Gaian is no stranger to competing at the elite levels of BMX racing. Last July in Auckland, N.Z., Gaian captured the hearts of a nation by winning the UCI BMX world championship in the Junior Men’s Division. In October 2011, Gaian, then 15, was honored by the city after winning his age division at the UCI world championships in Copenhagen, Denmark.
His goal is to represent the United States in the sport in the 2016 Olympic Games. He took one step closer toward realizing that goal after winning the Junior Elite Men’s race at the 2014 UCI North American Continental BMX championships, held March 30 at the U.S. Olympic Training Center in Chula Vista.
The 2013 junior Supercross world champion, who has been riding since he was 4, accelerated past 2014 U.S. national champion Collin Hudson (Longmont, Colo.) on the final turn to win from the No. 3 position. Hudson finished second, followed by fellow Californian Alden Volle (Penryn).

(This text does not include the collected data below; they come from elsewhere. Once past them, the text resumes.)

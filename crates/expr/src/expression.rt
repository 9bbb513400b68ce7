// Expressions: prefix codes, read and evaluated from the front of a part of a record. The evaluator reads on after a value that
// is none: the other side of a guard, or the next guard or update, begins after the expression. So it is held to `mapped` of the
// reader, and the faults that it tells are the reader's.
ghost use Rattle.std.specs.Prelude.{◌≡◌, ◌≤◌, ◌<◌, pos, length, get_or, ltb, Some};
ghost use Rattle.reading.specs.Reading.{byte, byte4, such, mapped, skipped};
ghost use Rattle.numbers.specs.Integer.{signed};
ghost use Rattle.numbers.specs.Value.{divided};
ghost use Rattle.expr.specs.Expression.{divisor, expression, value};
ghost use Rattle.reading.specs.Places.{onward, read_of, end_of, reached, reached_end};

use numbers::signed::{is_divisor, signed};
use numbers::value::{combine, divide};
use reading::field::{Fault, Read, read_below, read_word};

// How deep an expression may nest, a constant or a variable being one level.
pub const LEVELS: u8 = 8;

// The signed number whose bits are the four bytes.
fn read_signed(s: &[u8], at: usize) -> Read<Option<i32>>
    ensures means { read_of s.now result ≡ mapped (λ x. Some (signed x)) (byte4 (onward s.now at)) }
    ensures within { end_of result ≤ length s.now }
{
    let (x, next) = read_word(s, at)?;
    Ok((Some(signed(x)), next))
}

// A constant of four bytes.
fn read_constant(s: &[u8], at: usize) -> Result<usize, Fault>
    ensures means { reached s.now tt result ≡ skipped (byte4 (onward s.now at)) }
    ensures within { reached_end result ≤ length s.now }
{
    let (_, next) = read_word(s, at)?;
    Ok(next)
}

// The number of a variable.
fn read_variable(s: &[u8], at: usize, variables: u8) -> Result<usize, Fault>
    ensures means { reached s.now tt result ≡ skipped (such byte (λ i. ltb i variables) (onward s.now at)) }
    ensures within { reached_end result ≤ length s.now }
{
    let (_, next) = read_below(s, at, variables)?;
    Ok(next)
}

// The divisor of a quotient or remainder, in front of s.
fn read_divisor(s: &[u8]) -> Read<u32>
    ensures means { read_of s.now result ≡ divisor s.now }
    ensures within { end_of result ≤ length s.now }
{
    let (d, next) = read_word(s, 0)?;
    if is_divisor(d) {
        Ok((d, next))
    } else {
        Err(Fault::Range)
    }
}

// An expression in front of s, nested at most so many levels, over so many variables.
pub fn read_expression(s: &[u8], levels: u8, variables: u8) -> Result<usize, Fault>
    ensures means { reached s.now tt result ≡ skipped (expression variables levels s.now) }
    ensures within { reached_end result ≤ length s.now }
{
    if s.len() == 0 {
        return Err(Fault::Length);
    }
    if levels == 0 {
        return Err(Fault::Range);
    }
    match s[0] {
        0 => read_constant(s, 1),
        1 => read_variable(s, 1, variables),
        2 | 3 | 4 => {
            let n = read_expression(&s[1..], levels - 1, variables)?;
            let m = read_expression(&s[1 + n..], levels - 1, variables)?;
            Ok(1 + n + m)
        }
        5 | 6 => {
            let n = read_expression(&s[1..], levels - 1, variables)?;
            let (_, m) = read_divisor(&s[1 + n..])?;
            Ok(1 + n + m)
        }
        _ => Err(Fault::Range),
    }
}

// The value of a variable; 0 past those that the array has.
pub fn variable_value(i: u8, values: [i32; 16]) -> i32
    ensures { result ≡ get_or values i (pos 0) }
{
    if i < 16 { values[i as usize] } else { 0 }
}

// The value of the variable whose number stands at a place.
fn evaluate_variable(s: &[u8], at: usize, variables: u8, values: &[i32; 16]) -> Read<Option<i32>>
    ensures means { read_of s.now result ≡ mapped (λ i. Some (get_or values.now i (pos 0))) (such byte (λ i. ltb i variables) (onward s.now at)) }
    ensures within { end_of result ≤ length s.now }
{
    let (i, next) = read_below(s, at, variables)?;
    Ok((Some(variable_value(i, *values)), next))
}

// The quotient or remainder, by the code, with the divisor in front of s.
fn divide_by(s: &[u8], code: u8, x: Option<i32>) -> Read<Option<i32>>
    ensures means { read_of s.now result ≡ mapped (divided code x) (divisor s.now) }
    ensures within { end_of result ≤ length s.now }
{
    let (d, next) = read_divisor(s)?;
    Ok((divide(code, x, d), next))
}

// The value of the expression in front of s.
pub fn evaluate(s: &[u8], levels: u8, variables: u8, values: &[i32; 16]) -> Read<Option<i32>>
    ensures means { read_of s.now result ≡ mapped (value values.now) (expression variables levels s.now) }
    ensures within { end_of result ≤ length s.now }
{
    if s.len() == 0 {
        return Err(Fault::Length);
    }
    if levels == 0 {
        return Err(Fault::Range);
    }
    let code = s[0];
    match code {
        0 => read_signed(s, 1),
        1 => evaluate_variable(s, 1, variables, values),
        2 | 3 | 4 => {
            let (x, n) = evaluate(&s[1..], levels - 1, variables, values)?;
            let (y, m) = evaluate(&s[1 + n..], levels - 1, variables, values)?;
            Ok((combine(code, x, y), 1 + n + m))
        }
        5 | 6 => {
            let (x, n) = evaluate(&s[1..], levels - 1, variables, values)?;
            let (z, m) = divide_by(&s[1 + n..], code, x)?;
            Ok((z, 1 + n + m))
        }
        _ => Err(Fault::Range),
    }
}

// The expression at a place.
pub fn expression_at(s: &[u8], at: usize, variables: u8) -> Result<usize, Fault>
    ensures { reached s.now tt result ≡ skipped (expression variables 8 (onward s.now at)) }
{
    if s.len() < at {
        return Err(Fault::Length);
    }
    let n = read_expression(&s[at..], LEVELS, variables)?;
    Ok(at + n)
}

// The value of the expression at a place.
pub fn value_at(s: &[u8], at: usize, variables: u8, values: &[i32; 16]) -> Read<Option<i32>>
    ensures { read_of s.now result ≡ mapped (value values.now) (expression variables 8 (onward s.now at)) }
{
    if s.len() < at {
        return Err(Fault::Length);
    }
    let (z, n) = evaluate(&s[at..], LEVELS, variables, values)?;
    Ok((z, at + n))
}
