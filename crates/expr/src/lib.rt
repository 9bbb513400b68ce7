// Expressions: read as a file is checked, and evaluated on variables.
#![tactic(auto)]

pub mod expression;
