//! The program `dpi_chain`: `program` of `dpi_program`, over the process's words, streams and files.
#![tactic(auto)]

ghost use Rattle.std.specs.Prelude.{◌≤◌, IfOk};

use command_lines::words::unread;
use dpi_program::program::program;
use std::alloc::AllocError;
use std::process::ExitCode;
use std::{env, io};

/// Runs the program with the words after its name, and answers its exit status.
fn status(rt: &HostRuntime) -> io::Result<u8>
    ensures { IfOk result (λ number. number ≤ 2) }
{
    let owned: Vec<String> = env::args(rt)?.skip(1).collect(rt.alloc())?;
    let words: Result<Vec<&str>, AllocError> = owned
        .iter()
        .map(|word| word.as_str())
        .collect(rt.alloc());
    Ok(program(
        rt,
        words?.as_slice(),
        &mut rt.stdin(),
        &mut rt.stdout(),
        &mut rt.stderr(),
    ))
}

fn main(rt: HostRuntime) -> ExitCode {
    match status(&rt) {
        Ok(number) => ExitCode::from(number),
        Err(error) => ExitCode::from(unread(&mut rt.stderr(), error.kind())),
    }
}
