/// Loads a list, whose lines are the number of an advertisement in decimal digits alone, a space, and the path of its stream; lines of white
/// space alone are passed over. Each line is judged, and its stream read to the end, before the next one. All memory is this allocator's.
///
/// # Errors
///
/// The first fault, by its line.
pub fn load_list<R: Files, M: Allocator + Copy, S: Source>(
    rt: &R,
    alloc: M,
    list: &mut S,
) -> Result<AdLibrary<M>, ListFault>
    ensures lists { IfOk result (λ library. (text : List ℕ) × IfSome (S.remaining list.old) (λ bs. bs ≡ text)
        × IsListed library text) }
    ensures stops { IfErr result (λ f. IfSome (S.remaining list.old) (StopsAt f)) }
    ensures blamed { IfErr result (λ f. ListBlamed f (S.counts list.old) (S.counts list.new)) }
    ensures ended { OnOk result (LastMovedNone (S.counts list.old) (S.counts list.new)) }
{
    let mut loading = Loading::new_in(alloc);
    match load_into(rt, alloc, &mut loading, list) {
        Ok(()) => Ok(loading.into_library()),
        Err(fault) => Err(fault),
    }
}

/// Loads a list to its end. An interrupted read is tried again.
///
/// # Errors
///
/// As for [`load_list`]. Then the loading stands in the line that is at fault, where one is.
pub fn load_into<R: Files, M: Allocator + Copy, S: Source>(
    rt: &R,
    alloc: M,
    loading: &mut Loading<M>,
    list: &mut S,
) -> Result<(), ListFault>
    requires { IsRead loading.old [] }
    ensures lists { OnOk result ((text : List ℕ) × IfSome (S.remaining list.old) (λ bs. bs ≡ text)
        × IsListed loading.new.library text) }
    ensures described { OnOk result (AreDescribed loading.new.streams.items loading.new.library) }
    ensures stops { IfErr result (λ f. IfSome (S.remaining list.old) (StopsAt f)) }
    ensures stands { IfErr result (λ _. IfSome (S.remaining list.old) (StandsIn loading.new)) }
    ensures blamed { IfErr result (λ f. ListBlamed f (S.counts list.old) (S.counts list.new)) }
    ensures ended { OnOk result (LastMovedNone (S.counts list.old) (S.counts list.new)) }
{
    let mut room = [0; ROOM];
    for _turn in 0..READS {
        match list.read(&mut room) {
            Ok(0) => return loading.finish(rt, alloc),
            Ok(count) => match loading.take_in(rt, alloc, &room[..count]) {
                Ok(()) => {}
                Err(fault) => return Err(fault),
            },
            Err(DeviceFault::Interrupted) => {}
            Err(DeviceFault::Failed) => return Err(ListFault::Io),
        }
    }
    Err(ListFault::Turns)
}
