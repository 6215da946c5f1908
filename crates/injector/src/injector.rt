//! The injector: messages in and answers out, packets in and packets with cues out.

ghost use Rattle.std.specs.Prelude.{◌≡◌, ◌++◌, ◌∷◌, [], ℕ, List, Option, Some, None, option_map, Err, Bool, true};
ghost use Rattle.std.specs.Prelude.{◌<◌, false, length, slice_get, OnOk, IfErr, IfSome};
ghost use Rattle.pes_time.specs.Line.{ring_of};
ghost use Rattle.ts_packet.specs.Fields.{pid_of, on_one};
ghost use Rattle.ts_packet.specs.Runs.{onto};
ghost use Rattle.ts_packet.specs.Sinks.{Blamed};
ghost use Rattle.ts_packet.specs.Transfers.{WentWell};
ghost use Rattle.scte104_codec.specs.Views.{reading_of};
ghost use Rattle.program_follower.specs.Faults.{network_fault};
ghost use Rattle.outgoing_packets.specs.Numbers.{HasPut, FrontFails};
ghost use Rattle.injector.specs.Replies.{reply_to};
ghost use Rattle.injector.specs.Requests.{RequestsStandFor};
ghost use Rattle.injector.specs.Turns.{Turn, greatest_in};
ghost use Rattle.injector.specs.Senders.{IsIdle};
ghost use Rattle.injector.specs.Noting.{NotesStandFor, StaysAtRest};
ghost use Rattle.injector.specs.Steps.{Step, Message as MessageStep, Packet as PacketStep, packets_in, turns_in};
ghost use Rattle.injector.specs.Steps.{body_at, sent_at, has_news};
ghost use Rattle.injector.specs.Injecting.{InjectorStandsFor, JudgesBy, FeedFails, CountsAre, GoesOnAlone, HasGoneOn, network_answer};
ghost use Rattle.injector.specs.Injecting.{IsFollowed, IsStill, IsBodyOf, RestsAt, KeepsRest, KeepsAllButRest};
ghost use Rattle.outgoing_packets.specs.Faults.{FeedBlamed, KeepsSink, is_err_or};
ghost use Rattle.program_follower.specs.Purposes.{writing_cues};
ghost use Rattle.event_table.specs.Events.{open_count_of};
ghost use Rattle.event_table.specs.Tables.{high_time_of, events_of};
ghost use Rattle.program_follower.specs.Streaming.{place_in, start_in};
ghost use Rattle.program_follower.specs.Program.{listed, known_pids, program_of, pids_of, behind_head};
ghost use Rattle.program_follower.specs.Following.{high_of, on_map, IsPartOf, IsStartPlace, IsUnfollowed};

use crate::choice::is_reached;
use crate::counts::{MessageCounts, counted, has_news_behind};
use crate::cues::put_due;
use crate::requests::Requests;
use arrayvec::ArrayVec;
use event_table::Event;
use outgoing_packets::{CueEntry, Outgoing};
use pes_time::Time33;
use program_follower::{Purpose, StartFollower, StartPacket, StartPlace, StreamPart, UnitStart};
use psi_tables::{Config, FeedFault, NetworkFault};
use scte104_codec::{BadMessage, Message, Reply};
use ts_packet::{Packet, PacketSink, Pid, PutFault};

/// Judges the messages of an automation, and puts the cues of the breaks that it asks for into a network. It takes no memory.
#[derive(Drop)]
pub struct Injector {
    cue_pid: Pid,
    requests: Requests,
    follower: StartFollower,
    out: Outgoing,
    counts: MessageCounts,
    /// A request was accepted since the last packet.
    has_news: bool,
    /// The time before which no cue is repeated; `None` where none is, unless a request comes.
    rest: Option<Time33>,
    is_spent: bool,
}
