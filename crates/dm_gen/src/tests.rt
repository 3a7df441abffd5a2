//! A small session command by command, and how many commands a large one has.

use super::*;
use dm_base::Command;
use std::alloc::Global;
use std::test::*;

// A letter for what the command does, and the last byte of the file's name or the group's number.
fn label(command: &Command) -> (char, u8) {
    match command {
        Command::Write { path, .. } => ('w', last_byte(path.bytes())),
        Command::PutRelease { path } => ('p', last_byte(path.bytes())),
        Command::Remove { path } => ('d', last_byte(path.bytes())),
        Command::Read { path } => ('r', last_byte(path.bytes())),
        Command::HardDelete => ('h', 0),
        Command::Merge { group } => ('m', group.0),
        Command::Reuse { group } => ('u', group.0),
        Command::AuditDeep => ('a', 0),
        _ => ('?', 0),
    }
}

fn last_byte(text: &[u8]) -> u8 {
    match text {
        [.., last] => *last,
        [] => 0,
    }
}

// Whether the next command has this label.
fn goes_on(alloc: Global, plan: &mut Plan, expected: (char, u8)) -> bool {
    match plan.next(alloc) {
        Ok(Some(command)) => label(&command) == expected,
        _ => false,
    }
}

fn has_ended(alloc: Global, plan: &mut Plan) -> bool {
    match plan.next(alloc) {
        Ok(None) => true,
        _ => false,
    }
}

#[test]
fn three_files(rt: HostRuntime) {
    let alloc = rt.alloc();
    let Some(mut plan) = Plan::of(3) else {
        panic!(rt; "no plan");
    };
    for number in [b'1', b'2', b'3'] {
        assert!(rt; goes_on(alloc, &mut plan, ('w', number)));
        assert!(rt; goes_on(alloc, &mut plan, ('p', number)));
    }
    for expected in [
        ('d', b'3'),
        ('h', 0),
        ('m', 1),
        ('m', 2),
        ('u', 1),
        ('u', 2),
        ('a', 0),
    ] {
        assert!(rt; goes_on(alloc, &mut plan, expected));
    }
    assert!(rt; goes_on(alloc, &mut plan, ('r', b'1')));
    assert!(rt; goes_on(alloc, &mut plan, ('r', b'2')));
    assert!(rt; has_ended(alloc, &mut plan));
    assert!(rt; has_ended(alloc, &mut plan));
}

// The first command of a session of one file, byte by byte.
#[test]
fn the_first_write(rt: HostRuntime) {
    let Some(mut plan) = Plan::of(1) else {
        panic!(rt; "no plan");
    };
    let Ok(Some(Command::Write { path, bytes })) = plan.next(rt.alloc()) else {
        panic!(rt; "no write");
    };
    assert_eq!(rt; path.bytes(), b"/g/0001".as_slice());
    assert_eq!(rt; bytes.len(), 1000);
    assert!(rt; bytes.as_slice().iter().all(|byte| *byte == 1));
}

// How many commands there are, and how many of them have this label's letter.
fn count(alloc: Global, plan: &mut Plan, letter: char) -> (u64, u64) {
    let mut all = 0u64;
    let mut some = 0u64;
    for _ in 0..20_000 {
        let Ok(Some(command)) = plan.next(alloc) else {
            break;
        };
        all = all.saturating_add(1);
        if label(&command).0 == letter {
            some = some.saturating_add(1);
        }
    }
    (all, some)
}

#[test]
fn many_files(rt: HostRuntime) {
    let alloc = rt.alloc();
    let Some(mut plan) = Plan::of(200) else {
        panic!(rt; "no plan");
    };
    assert_eq!(rt; count(alloc, &mut plan, 'd'), (606, 66));
    let Some(mut plan) = Plan::of(4000) else {
        panic!(rt; "no plan");
    };
    assert_eq!(rt; count(alloc, &mut plan, 'r'), (12_006, 2667));
    assert!(rt; Plan::of(0).is_none());
    assert!(rt; Plan::of(4001).is_none());
}
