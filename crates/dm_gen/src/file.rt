//! The files of a session.

ghost use Rattle.std.specs.Prelude.{◌≡◌, ◌≤◌, ◌+◌, IfOk};
ghost use Rattle.dm_gen.specs.Session.{bytes_of as bytes_of_file, path_of as path_of_file};

use dm_base::{Bytes, NoMemory, Path, TextError};
use std::alloc::Global;

/// The length of each file.
const FILE_SIZE: usize = 1000;

/// The name of a file.
pub fn path_of(alloc: Global, number: u64) -> Result<Path, NoMemory>
    requires { number ≤ 4001 }
    ensures { IfOk result (λ path. path ≡ path_of_file number) }
{
    let name = [
        b'/',
        b'g',
        b'/',
        digit(number / 1000),
        digit(number / 100 % 10),
        digit(number / 10 % 10),
        digit(number % 10),
    ];
    match Path::of_bytes(alloc, &name) {
        Ok(path) => Ok(path),
        Err(TextError::NoMemory) => Err(NoMemory),
        Err(TextError::Grammar) => unreachable!(),
    }
}

fn digit(value: u64) -> u8
    requires { value ≤ 9 }
    ensures { result ≡ 48 + value }
{
    b'0' + value as u8
}

/// The bytes of a file.
pub fn bytes_of(alloc: Global, number: u64) -> Result<Bytes, NoMemory>
    ensures { IfOk result (λ bytes. bytes ≡ bytes_of_file number) }
{
    let byte = (number % 256) as u8;
    Ok(Bytes::from_vec(vec![in alloc; byte; FILE_SIZE]?))
}
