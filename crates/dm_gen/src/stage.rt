//! Where a session stands.

ghost use Rattle.std.specs.Prelude.{◌≡◌, ◌≤◌, ◌+◌, ◌∷◌, ◌<◌, IfOk, true, drop};
ghost use Rattle.dm_gen.specs.declared.stage.Stage.TheVariants.{Read as ReadStage, Remove as RemoveStage};
ghost use Rattle.dm_gen.specs.Session.{upkeep};
ghost use Rattle.dm_gen.specs.Stages.{is_ready as is_ready_of, is_within, left_of, stage_after as stage_after_of, IsSettled};

use crate::file::{bytes_of, path_of};
use dm_base::{Command, GroupId, NoMemory};
use std::alloc::Global;

/// What comes next. A number is that of a file, from 1; one behind the last says that none is left at that stage.
#[derive(Clone, Copy)]
pub enum Stage {
    Write(u64),
    Put(u64),
    /// The next number from this one on that three divides.
    Remove(u64),
    /// The commands between the last `rm` and the first `read`, by their place.
    Upkeep(u8),
    /// The next number from this one on that three doesn't divide.
    Read(u64),
}

/// The stage at which the next command is made, where one is left.
pub fn settled(files: u64, stage: Stage) -> Stage
    requires few { files ≤ 4000 }
    requires within { is_within files stage ≡ true }
    ensures { IsSettled files stage result }
{
    match stage {
        Stage::Write(number) => {
            if number > files {
                return next_removed(files, 1);
            }
            stage
        }
        Stage::Put(_) => stage,
        Stage::Remove(number) => next_removed(files, number),
        Stage::Upkeep(place) => {
            if place > 5 {
                return next_read(files, 1);
            }
            stage
        }
        Stage::Read(number) => next_read(files, number),
    }
}

fn next_removed(files: u64, number: u64) -> Stage
    requires few { files ≤ 4000 }
    requires within { number ≤ files + 1 }
    ensures { IsSettled files (RemoveStage number) result }
{
    let mut next = number;
    while next <= files {
        if next % 3 == 0 {
            return Stage::Remove(next);
        }
        next += 1;
    }
    Stage::Upkeep(0)
}

fn next_read(files: u64, number: u64) -> Stage
    requires few { files ≤ 4000 }
    requires within { number ≤ files + 1 }
    ensures { IsSettled files (ReadStage number) result }
{
    let mut next = number;
    while next <= files {
        if next % 3 != 0 {
            return Stage::Read(next);
        }
        next += 1;
    }
    Stage::Read(next)
}

/// Whether a command is made at a stage.
pub fn is_ready(files: u64, stage: Stage) -> bool
    ensures { result ≡ is_ready_of files stage }
{
    match stage {
        Stage::Write(number) | Stage::Put(number) => number <= files,
        Stage::Remove(number) => number <= files && number % 3 == 0,
        Stage::Upkeep(place) => place < 6,
        Stage::Read(number) => number <= files && number % 3 != 0,
    }
}

/// The command that is made at a stage.
pub fn command_at(alloc: Global, files: u64, stage: Stage) -> Result<Command, NoMemory>
    requires few { files ≤ 4000 }
    requires ready { is_ready_of files stage ≡ true }
    ensures { IfOk result (λ command. left_of files stage ≡ command ∷ left_of files (stage_after_of stage)) }
{
    match stage {
        Stage::Write(number) => Ok(Command::Write {
            path: path_of(alloc, number)?,
            bytes: bytes_of(alloc, number)?,
        }),
        Stage::Put(number) => Ok(Command::PutRelease {
            path: path_of(alloc, number)?,
        }),
        Stage::Remove(number) => Ok(Command::Remove {
            path: path_of(alloc, number)?,
        }),
        Stage::Upkeep(place) => Ok(upkeep_at(place)),
        Stage::Read(number) => Ok(Command::Read {
            path: path_of(alloc, number)?,
        }),
    }
}

fn upkeep_at(place: u8) -> Command
    requires { place < 6 }
    ensures { drop place upkeep ≡ result ∷ drop (place + 1) upkeep }
{
    match place {
        0 => Command::HardDelete,
        1 => Command::Merge { group: GroupId(1) },
        2 => Command::Merge { group: GroupId(2) },
        3 => Command::Reuse { group: GroupId(1) },
        4 => Command::Reuse { group: GroupId(2) },
        _ => Command::AuditDeep,
    }
}

/// The stage behind the command of a stage.
pub fn stage_after(files: u64, stage: Stage) -> Stage
    requires few { files ≤ 4000 }
    requires ready { is_ready_of files stage ≡ true }
    ensures { result ≡ stage_after_of stage }
{
    match stage {
        Stage::Write(number) => Stage::Put(number),
        Stage::Put(number) => Stage::Write(number + 1),
        Stage::Remove(number) => Stage::Remove(number + 1),
        Stage::Upkeep(place) => Stage::Upkeep(place + 1),
        Stage::Read(number) => Stage::Read(number + 1),
    }
}
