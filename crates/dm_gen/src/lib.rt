//! The generated session: so many files are written and stored, a third of them removed, deleted and merged away, and the
//! others read.
//!
//! A plan is a counter and not a list: it makes each command when it is asked for it. What the session is, is one list in
//! `specs/Session.antt`; what the plan holds is the rest of that list.
#![tactic(auto)]

mod file;
mod plan;
mod stage;

pub use plan::{FILES_LIMIT, Plan};

#[cfg(test)]
mod tests;
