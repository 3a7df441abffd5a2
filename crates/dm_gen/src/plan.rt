//! The plan of a session.

ghost use Rattle.std.specs.Prelude.{◌≡◌, ◌≤◌, ◌↔◌, ◌++◌, [], IfOk, IfSome, IsNone, IsSome, OnErr};
ghost use Rattle.std.specs.Option.{option_to_list};

use crate::stage::{Stage, command_at, is_ready, settled, stage_after};
use dm_base::{Command, NoMemory};
use std::alloc::Global;
use std::marker::Model;

/// The most files of a session.
pub const FILES_LIMIT: u64 = 4000;

/// The rest of a session.
#[derive(Drop)]
pub struct Plan {
    files: u64,
    stage: Stage,
}

impl Model for Plan {
    ghost use Rattle.std.specs.Prelude.{List, ◌≤◌};
    ghost use Rattle.dm_base.specs.declared.command.Command.{Command};
    ghost use Rattle.dm_gen.specs.Stages.{left_of, IsWithin};

    ghost Value = { List Command };

    ghost view = { λ p. left_of p.files p.stage };

    ghost invariant = { λ p. IsWithin p.files p.stage };
}

impl Plan {
    ghost use Rattle.dm_gen.specs.Session.{session};

    /// The session of so many files, or none where there is no session of that number. It takes no memory.
    pub fn of(files: u64) -> Option<Plan>
        ensures is { IfSome result (λ plan. plan ≡ session files) }
        ensures some { IsSome result ↔ ((1 ≤ files) × (files ≤ 4000)) }
    {
        if files < 1 || files > FILES_LIMIT {
            return None;
        }
        Some(Plan {
            files,
            stage: Stage::Write(1),
        })
    }

    /// The next command, or none behind the last. After `NoMemory` the same command comes next.
    pub fn next(&mut self, alloc: Global) -> Result<Option<Command>, NoMemory>
        ensures made { IfOk result (λ made. self.old ≡ option_to_list made ++ self.new) }
        ensures over { IfOk result (λ made. IsNone made ↔ (self.old ≡ [])) }
        ensures err { OnErr result (self.new ≡ self.old) }
    {
        let stage = settled(self.files, self.stage);
        if !is_ready(self.files, stage) {
            return Ok(None);
        }
        match command_at(alloc, self.files, stage) {
            Ok(command) => {
                self.stage = stage_after(self.files, stage);
                Ok(Some(command))
            }
            Err(NoMemory) => Err(NoMemory),
        }
    }
}
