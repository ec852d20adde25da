// What is wrong, and where.
ghost use Rattle.std.specs.Prelude.{◌≡◌, ℕ, List};
ghost use Rattle.ytt_base.specs.Outcomes.{fault_at};
ghost use Rattle.ytt_base.specs.declared.fault.Stop.TheVariants as stop;
ghost use Rattle.template_spec.specs.Misplaced.{fault_on, unless};
ghost use Rattle.template_spec.specs.OpenBlocks.{first_of};
ghost use Rattle.template_checks.specs.Held.{fault_by, wrong_of};
ghost use Rattle.template_checks.specs.Walk.{earlier};

use std::alloc::Global;
use ytt_base::fault::{Fault, FaultKind, Place, Stop};
use ytt_base::text::Text;

/// A fault without a detail.
#[derive(Clone, Copy)]
pub struct Wrong {
    pub kind: FaultKind,
    pub place: Place,
}

/// A fault on a line, unless the place is right.
pub fn unless(right: bool, kind: FaultKind, file: u32, line: u32) -> Option<Wrong>
    ensures { wrong_of result ≡ unless right (fault_on file kind line) }
{
    if right {
        return None;
    }
    Some(Wrong {
        kind,
        place: Place { file, line },
    })
}

/// The one that stands at the lesser line, and else the first.
pub fn earlier(first: Option<Wrong>, second: Option<Wrong>) -> Option<Wrong>
    ensures { wrong_of result ≡ earlier (wrong_of first) (wrong_of second) }
{
    match first {
        None => second,
        Some(one) => match second {
            None => Some(one),
            Some(other) => {
                if other.place.line < one.place.line {
                    Some(other)
                } else {
                    Some(one)
                }
            }
        },
    }
}

pub fn first_of(first: Option<Wrong>, second: Option<Wrong>) -> Option<Wrong>
    ensures { wrong_of result ≡ first_of (wrong_of first) (wrong_of second) }
{
    match first {
        None => second,
        Some(one) => Some(one),
    }
}

pub fn stop_at(alloc: Global, wrong: Wrong) -> Stop
    ensures { result ≡ stop.Fault (fault_by wrong) }
{
    Stop::Fault(Fault {
        kind: wrong.kind,
        place: Some(wrong.place),
        detail: Text::new(alloc),
    })
}
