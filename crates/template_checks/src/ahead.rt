// What comes behind each row.
ghost use Rattle.std.specs.Prelude.{◌≡◌, ℕ, IfOk, List, map as each, reverse};
ghost use Rattle.template_events.specs.View.{rows_of};
ghost use Rattle.template_pass.specs.Levels.{note_faults};
ghost use Rattle.template_spec.specs.Misplaced.{earliest};
ghost use Rattle.template_checks.specs.Held.{wrong_of};
ghost use Rattle.template_checks.specs.Walk.{nexts_of};

use crate::faults::{lost_before, next_before, note_fault};
use crate::wrong::{Wrong, earlier};
use sqlite_items::Items;
use std::alloc::Global;
use template_events::Row;
use ytt_base::text::Memory;

/// The level of the item that comes next behind each row, if one comes, that of the first row last; and the first fault of a note.
#[derive(Drop)]
pub struct Ahead {
    pub nexts: Items<Option<usize>>,
    pub wrong: Option<Wrong>,
}

/// Looks at the rows from the last one to the first.
pub fn look_ahead(alloc: Global, file: u32, rows: &[Row]) -> Result<Ahead, Memory>
    ensures nexts { IfOk result (λ a. reverse a.nexts ≡ nexts_of (rows_of file rows.now)) }
    ensures notes { IfOk result (λ a. wrong_of a.wrong ≡ earliest (note_faults file (rows_of file rows.now))) }
{
    let mut nexts = Items::new(alloc);
    let mut wrong = None;
    let mut next = None;
    let mut lost = true;
    let mut lost_data = true;
    for at in (0..rows.len()).rev() {
        let row = &rows[at];
        nexts.push(next)?;
        wrong = earlier(note_fault(file, row, lost, lost_data), wrong);
        lost = lost_before(false, row, lost);
        lost_data = lost_before(true, row, lost_data);
        next = next_before(row, next);
    }
    Ok(Ahead { nexts, wrong })
}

The championship victory at the continental finals made amends, the West Hills High School senior said, after crashing in the championship race of the preceding day’s U.S. national championship event, held at the same site.
Gaian had attempted to pass Hudson on the second turn in the March 29 U.S. championship race but his bike came into contact with Hudson’s rear wheel, sending the Santee rider down and out of contention. Hudson, a five-time amateur world champion, rode a clear path to victory, followed by Cole Tesar (Huntersville, N.C.) and Joshua Banuelos (Medford, Ore.). The 18-year-old Gaian had led after the first turn.
Gaian, who is ranked No. 1 in the world in his age-group, refers to himself as a “proud American.” He admitted he was especially proud to capture the 2014 continental championship after being too ill to compete in the 2013 continental finals.
For his efforts, the Santee teenager was honored by the San Diego Hall of Champions as one of its Stars of the Month for March.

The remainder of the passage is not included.